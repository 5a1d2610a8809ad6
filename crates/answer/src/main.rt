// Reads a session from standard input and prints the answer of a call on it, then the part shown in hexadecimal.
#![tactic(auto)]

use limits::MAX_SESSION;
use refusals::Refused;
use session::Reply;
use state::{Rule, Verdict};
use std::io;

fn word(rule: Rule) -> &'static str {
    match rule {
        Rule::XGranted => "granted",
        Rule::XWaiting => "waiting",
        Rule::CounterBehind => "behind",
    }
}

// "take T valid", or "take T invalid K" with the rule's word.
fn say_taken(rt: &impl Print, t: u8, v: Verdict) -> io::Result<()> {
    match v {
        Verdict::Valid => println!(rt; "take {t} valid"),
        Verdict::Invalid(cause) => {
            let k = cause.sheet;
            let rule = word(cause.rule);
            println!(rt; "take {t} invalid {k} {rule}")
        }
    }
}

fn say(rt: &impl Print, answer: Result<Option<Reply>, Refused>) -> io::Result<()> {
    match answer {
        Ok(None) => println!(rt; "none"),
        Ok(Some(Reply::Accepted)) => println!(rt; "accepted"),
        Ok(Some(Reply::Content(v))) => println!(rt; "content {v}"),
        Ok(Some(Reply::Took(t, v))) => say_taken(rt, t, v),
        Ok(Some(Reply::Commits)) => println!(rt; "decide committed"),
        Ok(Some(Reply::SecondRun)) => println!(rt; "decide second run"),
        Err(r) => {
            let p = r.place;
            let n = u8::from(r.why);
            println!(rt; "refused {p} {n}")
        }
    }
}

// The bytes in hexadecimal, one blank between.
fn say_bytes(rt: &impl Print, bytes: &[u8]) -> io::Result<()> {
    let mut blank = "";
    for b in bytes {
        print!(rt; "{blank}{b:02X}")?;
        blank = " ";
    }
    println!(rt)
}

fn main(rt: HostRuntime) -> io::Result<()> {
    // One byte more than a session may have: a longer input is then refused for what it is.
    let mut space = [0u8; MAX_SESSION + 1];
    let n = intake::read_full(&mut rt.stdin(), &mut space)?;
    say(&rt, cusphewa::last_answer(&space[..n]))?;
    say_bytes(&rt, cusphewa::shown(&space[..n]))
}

------------------------------------------------------------------------

WORK TO COMPLETE
How many lines in the listing above contain the string "space"? Answer with the number only.

TASK RESULT
4